#### Instructions for the task
Return each line below holding the string "Grid".

[Stored data]
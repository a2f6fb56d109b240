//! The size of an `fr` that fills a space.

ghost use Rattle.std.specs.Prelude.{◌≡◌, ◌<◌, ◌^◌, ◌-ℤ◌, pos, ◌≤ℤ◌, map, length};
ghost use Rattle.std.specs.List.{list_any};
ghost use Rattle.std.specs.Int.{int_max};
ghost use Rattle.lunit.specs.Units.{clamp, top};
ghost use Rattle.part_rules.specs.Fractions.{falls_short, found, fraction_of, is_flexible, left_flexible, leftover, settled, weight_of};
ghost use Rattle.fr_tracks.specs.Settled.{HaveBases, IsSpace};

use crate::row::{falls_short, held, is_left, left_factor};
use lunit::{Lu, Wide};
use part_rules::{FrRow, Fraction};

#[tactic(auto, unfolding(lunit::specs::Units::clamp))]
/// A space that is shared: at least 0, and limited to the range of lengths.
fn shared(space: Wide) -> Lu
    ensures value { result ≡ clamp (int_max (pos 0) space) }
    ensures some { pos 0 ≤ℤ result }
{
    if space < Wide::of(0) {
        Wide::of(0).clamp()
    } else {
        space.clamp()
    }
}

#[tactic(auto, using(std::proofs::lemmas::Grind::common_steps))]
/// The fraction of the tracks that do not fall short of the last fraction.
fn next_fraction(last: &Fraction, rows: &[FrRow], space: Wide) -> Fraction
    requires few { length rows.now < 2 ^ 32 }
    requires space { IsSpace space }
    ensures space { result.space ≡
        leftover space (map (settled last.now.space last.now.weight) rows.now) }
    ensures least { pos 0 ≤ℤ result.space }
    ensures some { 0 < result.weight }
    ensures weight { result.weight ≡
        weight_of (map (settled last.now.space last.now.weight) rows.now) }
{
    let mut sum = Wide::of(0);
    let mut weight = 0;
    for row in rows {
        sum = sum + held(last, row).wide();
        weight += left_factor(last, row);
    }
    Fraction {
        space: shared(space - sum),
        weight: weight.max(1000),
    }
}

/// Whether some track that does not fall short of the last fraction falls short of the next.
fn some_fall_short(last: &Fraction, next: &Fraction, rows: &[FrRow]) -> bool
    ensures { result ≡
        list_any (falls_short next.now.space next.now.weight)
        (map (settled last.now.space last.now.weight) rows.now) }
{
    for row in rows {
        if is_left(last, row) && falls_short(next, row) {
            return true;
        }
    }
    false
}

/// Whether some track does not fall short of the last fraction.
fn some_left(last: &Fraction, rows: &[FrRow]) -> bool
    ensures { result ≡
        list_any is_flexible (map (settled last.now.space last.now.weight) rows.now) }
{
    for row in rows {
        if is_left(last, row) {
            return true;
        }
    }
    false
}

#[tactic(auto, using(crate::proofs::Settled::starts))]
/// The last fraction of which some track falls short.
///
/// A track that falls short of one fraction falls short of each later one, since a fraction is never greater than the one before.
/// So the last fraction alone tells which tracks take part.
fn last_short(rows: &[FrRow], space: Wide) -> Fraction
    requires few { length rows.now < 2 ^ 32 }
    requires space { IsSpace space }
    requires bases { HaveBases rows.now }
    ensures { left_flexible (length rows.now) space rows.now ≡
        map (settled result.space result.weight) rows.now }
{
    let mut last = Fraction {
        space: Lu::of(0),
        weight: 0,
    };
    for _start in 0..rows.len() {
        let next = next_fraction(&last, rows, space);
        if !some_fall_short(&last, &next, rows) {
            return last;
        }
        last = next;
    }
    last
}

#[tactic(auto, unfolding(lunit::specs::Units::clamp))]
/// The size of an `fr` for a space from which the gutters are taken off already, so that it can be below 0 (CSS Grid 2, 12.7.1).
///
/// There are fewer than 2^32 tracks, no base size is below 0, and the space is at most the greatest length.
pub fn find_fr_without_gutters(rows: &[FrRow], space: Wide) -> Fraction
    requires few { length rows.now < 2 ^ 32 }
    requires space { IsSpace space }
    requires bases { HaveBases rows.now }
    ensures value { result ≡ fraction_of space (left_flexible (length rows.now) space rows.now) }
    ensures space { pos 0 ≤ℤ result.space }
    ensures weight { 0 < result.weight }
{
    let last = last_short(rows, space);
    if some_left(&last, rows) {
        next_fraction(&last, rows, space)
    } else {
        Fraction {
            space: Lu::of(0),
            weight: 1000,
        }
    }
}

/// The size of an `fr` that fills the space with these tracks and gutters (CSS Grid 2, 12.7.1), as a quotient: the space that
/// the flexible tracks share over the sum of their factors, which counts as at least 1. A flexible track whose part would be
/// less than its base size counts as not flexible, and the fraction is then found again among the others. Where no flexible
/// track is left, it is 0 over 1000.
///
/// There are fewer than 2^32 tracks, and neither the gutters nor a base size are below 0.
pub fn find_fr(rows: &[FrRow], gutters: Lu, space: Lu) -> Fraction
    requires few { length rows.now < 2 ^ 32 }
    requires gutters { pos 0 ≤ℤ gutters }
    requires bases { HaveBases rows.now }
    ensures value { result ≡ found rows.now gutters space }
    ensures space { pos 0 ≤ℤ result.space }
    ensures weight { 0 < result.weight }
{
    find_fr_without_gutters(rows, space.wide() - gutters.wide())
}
==
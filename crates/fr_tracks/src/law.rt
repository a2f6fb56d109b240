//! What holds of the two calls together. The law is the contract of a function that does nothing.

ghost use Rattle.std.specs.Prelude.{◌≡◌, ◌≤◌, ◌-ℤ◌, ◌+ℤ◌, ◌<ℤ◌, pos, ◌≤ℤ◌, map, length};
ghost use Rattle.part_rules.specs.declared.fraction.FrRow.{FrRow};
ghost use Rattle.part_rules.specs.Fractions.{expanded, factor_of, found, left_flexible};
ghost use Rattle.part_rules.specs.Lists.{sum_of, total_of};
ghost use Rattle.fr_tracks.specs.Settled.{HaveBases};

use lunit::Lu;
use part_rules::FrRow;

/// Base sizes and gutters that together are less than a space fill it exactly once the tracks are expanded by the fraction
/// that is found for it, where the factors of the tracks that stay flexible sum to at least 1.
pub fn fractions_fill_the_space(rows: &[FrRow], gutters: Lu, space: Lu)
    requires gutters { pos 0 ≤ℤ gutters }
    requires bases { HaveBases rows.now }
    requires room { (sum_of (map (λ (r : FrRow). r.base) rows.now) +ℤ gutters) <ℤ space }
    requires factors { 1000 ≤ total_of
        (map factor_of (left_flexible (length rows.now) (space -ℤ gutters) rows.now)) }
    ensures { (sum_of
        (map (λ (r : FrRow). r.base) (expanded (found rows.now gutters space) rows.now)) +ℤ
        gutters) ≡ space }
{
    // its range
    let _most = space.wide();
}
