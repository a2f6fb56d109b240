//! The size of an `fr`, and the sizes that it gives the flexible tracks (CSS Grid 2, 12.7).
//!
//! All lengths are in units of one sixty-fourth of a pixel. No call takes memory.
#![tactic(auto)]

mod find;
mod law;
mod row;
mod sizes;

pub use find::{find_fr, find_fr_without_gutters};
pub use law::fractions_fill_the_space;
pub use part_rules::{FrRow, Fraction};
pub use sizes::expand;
...
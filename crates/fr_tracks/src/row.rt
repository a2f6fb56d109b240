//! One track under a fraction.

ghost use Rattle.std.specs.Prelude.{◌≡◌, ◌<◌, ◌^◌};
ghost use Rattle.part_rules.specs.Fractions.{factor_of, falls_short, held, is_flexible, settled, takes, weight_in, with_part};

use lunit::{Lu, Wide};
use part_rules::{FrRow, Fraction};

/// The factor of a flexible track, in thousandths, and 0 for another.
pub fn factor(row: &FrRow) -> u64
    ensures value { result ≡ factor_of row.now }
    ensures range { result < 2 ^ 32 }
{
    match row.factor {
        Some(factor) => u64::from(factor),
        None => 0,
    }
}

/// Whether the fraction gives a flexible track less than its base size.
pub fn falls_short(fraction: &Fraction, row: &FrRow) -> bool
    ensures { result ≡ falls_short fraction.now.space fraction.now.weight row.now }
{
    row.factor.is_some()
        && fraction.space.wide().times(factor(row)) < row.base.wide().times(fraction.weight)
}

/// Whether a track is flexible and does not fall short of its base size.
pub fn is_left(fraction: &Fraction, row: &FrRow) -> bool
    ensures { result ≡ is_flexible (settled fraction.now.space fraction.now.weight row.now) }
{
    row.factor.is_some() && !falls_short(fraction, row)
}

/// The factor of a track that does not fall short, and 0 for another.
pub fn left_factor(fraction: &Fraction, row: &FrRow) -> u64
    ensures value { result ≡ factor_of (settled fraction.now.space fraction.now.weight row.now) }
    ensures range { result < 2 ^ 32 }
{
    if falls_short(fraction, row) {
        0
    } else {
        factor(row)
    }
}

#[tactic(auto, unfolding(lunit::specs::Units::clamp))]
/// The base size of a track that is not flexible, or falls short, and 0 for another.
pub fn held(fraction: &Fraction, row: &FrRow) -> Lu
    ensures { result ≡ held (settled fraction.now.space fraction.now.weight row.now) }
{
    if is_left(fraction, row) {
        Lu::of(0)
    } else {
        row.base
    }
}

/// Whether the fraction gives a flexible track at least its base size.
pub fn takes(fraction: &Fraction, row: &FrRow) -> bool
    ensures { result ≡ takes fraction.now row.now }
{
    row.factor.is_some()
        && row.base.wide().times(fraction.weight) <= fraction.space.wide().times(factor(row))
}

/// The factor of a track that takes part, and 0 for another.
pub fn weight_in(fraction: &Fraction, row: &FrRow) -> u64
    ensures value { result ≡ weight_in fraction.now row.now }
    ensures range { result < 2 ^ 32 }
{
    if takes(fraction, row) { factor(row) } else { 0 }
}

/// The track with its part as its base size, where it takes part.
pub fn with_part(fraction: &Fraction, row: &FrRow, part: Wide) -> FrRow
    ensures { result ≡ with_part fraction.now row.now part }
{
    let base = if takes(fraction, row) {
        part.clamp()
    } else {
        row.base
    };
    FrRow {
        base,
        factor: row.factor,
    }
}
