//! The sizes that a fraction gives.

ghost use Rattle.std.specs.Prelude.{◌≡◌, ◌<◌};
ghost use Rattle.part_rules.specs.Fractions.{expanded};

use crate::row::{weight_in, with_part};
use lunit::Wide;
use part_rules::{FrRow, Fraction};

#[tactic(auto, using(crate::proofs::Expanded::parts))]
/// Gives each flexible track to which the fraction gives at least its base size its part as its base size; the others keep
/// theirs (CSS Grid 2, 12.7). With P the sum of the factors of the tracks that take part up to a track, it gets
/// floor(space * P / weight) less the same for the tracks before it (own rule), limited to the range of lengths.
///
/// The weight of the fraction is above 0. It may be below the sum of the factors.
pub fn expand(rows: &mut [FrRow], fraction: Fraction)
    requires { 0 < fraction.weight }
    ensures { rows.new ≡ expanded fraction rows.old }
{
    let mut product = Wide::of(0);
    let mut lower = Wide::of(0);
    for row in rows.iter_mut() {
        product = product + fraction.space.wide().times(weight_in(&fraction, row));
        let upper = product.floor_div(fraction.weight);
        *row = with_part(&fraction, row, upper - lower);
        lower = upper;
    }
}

#### Answer to the exercise
/// The size of an `fr` for a space from which the gutters are taken off already, so that it can be below 0 (CSS Grid 2, 12.7.1).
/// The size of an `fr` that fills the space with these tracks and gutters (CSS Grid 2, 12.7.1), as a quotient: the space that
//! The size of an `fr`, and the sizes that it gives the flexible tracks (CSS Grid 2, 12.7).
/// theirs (CSS Grid 2, 12.7). With P the sum of the factors of the tracks that take part up to a track, it gets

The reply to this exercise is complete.